▶ [WHAT IS NEEDED]
In the records below, find every line with the word "NotPlain" and copy it.

▶ [WORKING DATA]

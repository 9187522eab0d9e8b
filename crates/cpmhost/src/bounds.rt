//! Where the files of a run may lie: in the folders of `--within`, and its outputs with `--outputs-here` in the current one.

ghost use Rattle.std.specs.Prelude.{◌≡◌};

use crate::files::unreadable;
use crate::output::{is_open_already, target_of};
use crate::refused::{CommandRefusal, RefusalDetail};
use crate::stream::real_path;
use cpm_commands::{FilePlan, FileRole, PlannedFile};
use cpm_host::{HostError, ReadError, RunError, shown};
use std::alloc::{AllocError, Global};
use std::io::ErrorKind;
use std::path::{Path, PathBuf};
use std::rt::Files;
use std::{fs, io};

/// The name of the file in which an archive keeps what the program prints.
const REPORT: &str = "report";

/// Where a file lies.
#[derive(Clone, Copy, Debug, Drop)]
enum Location {
    /// In one of the folders.
    Inside,
    /// In none of them.
    Outside,
    /// In one of them, as a device, a pipe or a folder.
    NotRegular,
    /// In one of them as far as its path leads, which fails there.
    Lost(io::Error),
}

/// The folders in which the files of a run may lie, their links followed.
#[derive(Drop)]
pub struct Bounds {
    /// None where the files may lie anywhere.
    folders: Vec<PathBuf>,
}

/// The refusal of a file, with what is said of it.
fn refused(name: &str, is_output: bool, behind: RefusalDetail) -> CommandRefusal {
    let name = shown(name);
    let error = if is_output {
        RunError::WriteFault(name)
    } else {
        RunError::FileRefused(ReadError::File(name))
    };
    CommandRefusal {
        error: HostError::from(error),
        behind,
    }
}

/// The folder of a name, its links followed. It fails where it is none.
fn folder_at(rt: &(impl Files + AllocGlobal), name: &str) -> io::Result<PathBuf> {
    let path = fs::canonicalize(rt, name)?;
    if path.is_dir(rt) {
        Ok(path)
    } else {
        Err(io::Error::from(ErrorKind::NotADirectory))
    }
}

impl Bounds {
    /// None: the files may lie anywhere.
    pub fn none(alloc: Global) -> Bounds {
        Bounds {
            folders: Vec::new(alloc),
        }
    }

    /// Those of the folders of these names; where there is no name there are none.
    fn new(rt: &(impl Files + AllocGlobal), names: &[&str]) -> Result<Bounds, CommandRefusal> {
        let mut folders = Vec::new(rt.alloc());
        for name in names {
            match folder_at(rt, name) {
                Ok(folder) => folders.push(folder)?,
                Err(reason) => return Err(CommandRefusal::from(unreadable(name, reason))),
            }
        }
        Ok(Bounds { folders })
    }

    /// Whether a path without links leads into one of the folders.
    fn has(&self, path: Path<'_>) -> bool {
        self.folders
            .iter()
            .any(|folder| path.starts_with(folder.as_path()))
    }

    /// Where the file of a path lies, of which the last link was followed.
    fn find(
        &self,
        rt: &(impl Files + AllocGlobal),
        target: Path<'_>,
    ) -> Result<Location, AllocError> {
        match real_path(rt, target)? {
            Ok(path) if !self.has(path.as_path()) => Ok(Location::Outside),
            Ok(path) if path.is_file(rt) => Ok(Location::Inside),
            Ok(_) => Ok(Location::NotRegular),
            Err(reason) => self.find_missing(rt, target, reason),
        }
    }

    /// Where a file would lie that can't be looked up, for this reason: where its folder does, if that is there.
    fn find_missing(
        &self,
        rt: &(impl Files + AllocGlobal),
        target: Path<'_>,
        reason: io::Error,
    ) -> Result<Location, AllocError> {
        if reason.kind() != ErrorKind::NotFound || target.file_name().is_none() {
            return self.find_lost(rt, target, reason);
        }
        match real_path(rt, target.parent().unwrap_or(target))? {
            Ok(folder) if self.has(folder.as_path()) => Ok(Location::Inside),
            Ok(_) => Ok(Location::Outside),
            Err(_) => self.find_lost(rt, target, reason),
        }
    }

    /// Where a path leads, as far as it leads, of which this is the reason that it leads nowhere.
    fn find_lost(
        &self,
        rt: &(impl Files + AllocGlobal),
        target: Path<'_>,
        reason: io::Error,
    ) -> Result<Location, AllocError> {
        for folder in target.ancestors() {
            if let Ok(path) = real_path(rt, folder)? {
                let is_inside = self.has(path.as_path());
                return Ok(if is_inside {
                    Location::Lost(reason)
                } else {
                    Location::Outside
                });
            }
        }
        Ok(Location::Outside)
    }

    /// Where the file of a name lies, its links followed. What the process has open lies in no folder.
    fn locate(&self, rt: &(impl Files + AllocGlobal), name: &str) -> Result<Location, AllocError> {
        if self.folders.is_empty() {
            return Ok(Location::Inside);
        }
        match target_of(rt, name) {
            Ok(target) if is_open_already(target.as_path().as_str()) => Ok(Location::Outside),
            Ok(target) => self.find(rt, target.as_path()),
            Err(error) if error.kind() == ErrorKind::OutOfMemory => Err(AllocError),
            Err(_) => Ok(Location::Outside),
        }
    }

    /// Refuses a file that doesn't lie in one of the folders.
    fn check(
        &self,
        rt: &(impl Files + AllocGlobal),
        name: &str,
        is_output: bool,
    ) -> Result<(), CommandRefusal> {
        let behind = match self.locate(rt, name)? {
            Location::Inside => return Ok(()),
            Location::Outside => RefusalDetail::Outside,
            Location::NotRegular => RefusalDetail::NotRegular,
            Location::Lost(reason) => RefusalDetail::Reason(reason),
        };
        Err(refused(name, is_output, behind))
    }

    /// Refuses an output that doesn't lie in one of the folders.
    pub fn check_output(
        &self,
        rt: &(impl Files + AllocGlobal),
        name: &str,
    ) -> Result<(), CommandRefusal> {
        self.check(rt, name, true)
    }

    /// Refuses inputs of which one doesn't lie in one of the folders. The configuration may lie anywhere.
    pub fn check_inputs(
        &self,
        rt: &(impl Files + AllocGlobal),
        inputs: &[PlannedFile<'_>],
    ) -> Result<(), CommandRefusal> {
        for file in inputs {
            if file.role != FileRole::Configuration {
                self.check(rt, file.name, false)?;
            }
        }
        Ok(())
    }

    /// Fails where the file of a name doesn't lie in one of the folders any more.
    pub fn admit(&self, rt: &(impl Files + AllocGlobal), name: &str) -> io::Result<()> {
        match self.locate(rt, name)? {
            Location::Inside => Ok(()),
            Location::Lost(reason) => Err(reason),
            Location::Outside | Location::NotRegular => {
                Err(io::Error::from(ErrorKind::PermissionDenied))
            }
        }
    }
}

/// Whether a name is of a file in the current folder, none that is hidden, and not the one that an archive has there, in capitals either.
fn is_plain(name: &str) -> bool {
    !name.is_empty()
        && !name.contains('/')
        && !name.starts_with('.')
        && !name.eq_ignore_ascii_case(REPORT)
}

/// Where the files of a command may lie, as its words say.
#[derive(Clone, Copy, Debug, Drop)]
pub struct FileRules<'a> {
    /// The folders that they may lie in, all where there is none.
    pub folders: &'a [&'a str],
    /// Whether the names of outputs are plain names of files in the current folder.
    pub has_outputs_here: bool,
    /// The folder that the scripts of sessions go to.
    pub scripts: Option<&'a str>,
    /// Whether keys are typed on standard input.
    pub is_typed_at: bool,
    /// Whether a file that another command holds is waited for.
    pub waits_for_others: bool,
}

impl FileRules<'_> {
    /// None: the files may lie anywhere.
    pub fn none() -> FileRules<'static> {
        FileRules {
            folders: &[],
            has_outputs_here: false,
            scripts: None,
            is_typed_at: false,
            waits_for_others: true,
        }
    }

    /// The files lie in these folders, all where there is none, and no other command is waited for.
    pub fn of_service<'a>(folders: &'a [&'a str]) -> FileRules<'a> {
        FileRules {
            folders,
            has_outputs_here: false,
            scripts: None,
            is_typed_at: false,
            waits_for_others: false,
        }
    }

    /// The files may lie anywhere, where keys are typed on standard input or not.
    pub fn of_program(is_typed_at: bool) -> FileRules<'static> {
        FileRules {
            is_typed_at,
            ..FileRules::none()
        }
    }

    /// Refuses outputs of which one has a name that is not plain, or scripts that would go to another folder than the current one.
    fn check_plain(self, outputs: &[PlannedFile<'_>]) -> Result<(), CommandRefusal> {
        if !self.has_outputs_here {
            return Ok(());
        }
        for file in outputs {
            if file.role != FileRole::Script && !is_plain(file.name) {
                return Err(refused(file.name, true, RefusalDetail::NotPlain));
            }
        }
        match self.scripts {
            Some(folder) if folder != "." => Err(refused(folder, true, RefusalDetail::NotPlain)),
            _ => Ok(()),
        }
    }

    /// Refuses scripts that would go to a folder with no name.
    fn check_scripts(self) -> Result<(), HostError> {
        if self.scripts != Some("") {
            return Ok(());
        }
        Err(HostError::FileUnwritable {
            name: shown(""),
            reason: io::Error::new(
                ErrorKind::InvalidInput,
                "no folder has an empty name; the current one is '.'",
            ),
        })
    }

    /// The folders in which the files of a plan may lie, of which an output has a name that breaks no rule. No file is looked at.
    pub fn bounds(
        self,
        rt: &(impl Files + AllocGlobal),
        plan: &FilePlan<'_>,
    ) -> Result<Bounds, CommandRefusal> {
        self.check_plain(&plan.outputs)?;
        self.check_scripts()?;
        Bounds::new(rt, self.folders)
    }
}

▶ [FINAL ANSWER]
                return Err(refused(file.name, true, RefusalDetail::NotPlain));
            Some(folder) if folder != "." => Err(refused(folder, true, RefusalDetail::NotPlain)),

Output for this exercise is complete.